* _Record extracts_:
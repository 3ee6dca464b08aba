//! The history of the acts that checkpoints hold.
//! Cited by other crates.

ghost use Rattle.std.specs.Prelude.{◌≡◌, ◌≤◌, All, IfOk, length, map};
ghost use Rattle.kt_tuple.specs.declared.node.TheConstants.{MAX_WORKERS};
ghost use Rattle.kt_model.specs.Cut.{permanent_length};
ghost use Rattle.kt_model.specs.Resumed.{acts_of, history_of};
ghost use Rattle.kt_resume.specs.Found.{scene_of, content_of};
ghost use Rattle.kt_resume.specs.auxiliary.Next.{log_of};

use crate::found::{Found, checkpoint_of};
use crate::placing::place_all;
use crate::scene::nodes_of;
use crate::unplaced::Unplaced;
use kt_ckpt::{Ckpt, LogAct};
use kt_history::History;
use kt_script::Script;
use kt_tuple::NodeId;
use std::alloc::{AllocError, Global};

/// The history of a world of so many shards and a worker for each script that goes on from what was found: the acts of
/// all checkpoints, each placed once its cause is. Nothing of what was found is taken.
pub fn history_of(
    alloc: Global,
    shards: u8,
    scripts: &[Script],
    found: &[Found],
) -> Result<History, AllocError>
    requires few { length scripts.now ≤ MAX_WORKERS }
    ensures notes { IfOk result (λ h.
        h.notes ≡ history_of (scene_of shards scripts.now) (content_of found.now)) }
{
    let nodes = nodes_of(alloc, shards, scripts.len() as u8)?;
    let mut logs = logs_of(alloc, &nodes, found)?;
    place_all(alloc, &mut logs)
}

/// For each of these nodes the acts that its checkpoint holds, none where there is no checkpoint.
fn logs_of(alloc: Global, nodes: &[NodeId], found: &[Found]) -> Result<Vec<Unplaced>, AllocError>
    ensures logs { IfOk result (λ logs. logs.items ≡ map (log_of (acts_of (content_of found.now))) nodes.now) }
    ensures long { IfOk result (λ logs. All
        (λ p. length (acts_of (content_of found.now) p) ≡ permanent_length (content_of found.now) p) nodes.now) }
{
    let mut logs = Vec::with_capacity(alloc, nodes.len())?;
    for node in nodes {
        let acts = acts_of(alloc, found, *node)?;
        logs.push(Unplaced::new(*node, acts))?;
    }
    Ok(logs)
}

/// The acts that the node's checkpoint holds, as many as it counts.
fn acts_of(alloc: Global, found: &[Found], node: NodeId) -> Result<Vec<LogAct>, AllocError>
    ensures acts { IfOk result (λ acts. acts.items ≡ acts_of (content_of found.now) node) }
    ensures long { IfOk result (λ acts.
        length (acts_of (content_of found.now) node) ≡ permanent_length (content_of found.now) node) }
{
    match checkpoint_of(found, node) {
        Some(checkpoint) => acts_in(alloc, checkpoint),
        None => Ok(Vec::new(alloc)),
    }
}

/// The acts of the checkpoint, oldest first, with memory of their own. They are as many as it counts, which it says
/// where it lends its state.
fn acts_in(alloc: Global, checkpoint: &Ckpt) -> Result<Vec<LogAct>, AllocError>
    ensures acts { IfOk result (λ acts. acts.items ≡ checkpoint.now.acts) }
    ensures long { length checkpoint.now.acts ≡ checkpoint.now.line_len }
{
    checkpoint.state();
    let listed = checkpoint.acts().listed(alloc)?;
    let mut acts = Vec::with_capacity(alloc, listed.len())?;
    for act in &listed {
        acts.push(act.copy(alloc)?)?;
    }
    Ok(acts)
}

* _What to work on_:
Whenever a line in the records above contains the string "scripts", copy that line.

* _Final answer_:
    scripts: &[Script],
    requires few { length scripts.now ≤ MAX_WORKERS }
        h.notes ≡ history_of (scene_of shards scripts.now) (content_of found.now)) }
    let nodes = nodes_of(alloc, shards, scripts.len() as u8)?;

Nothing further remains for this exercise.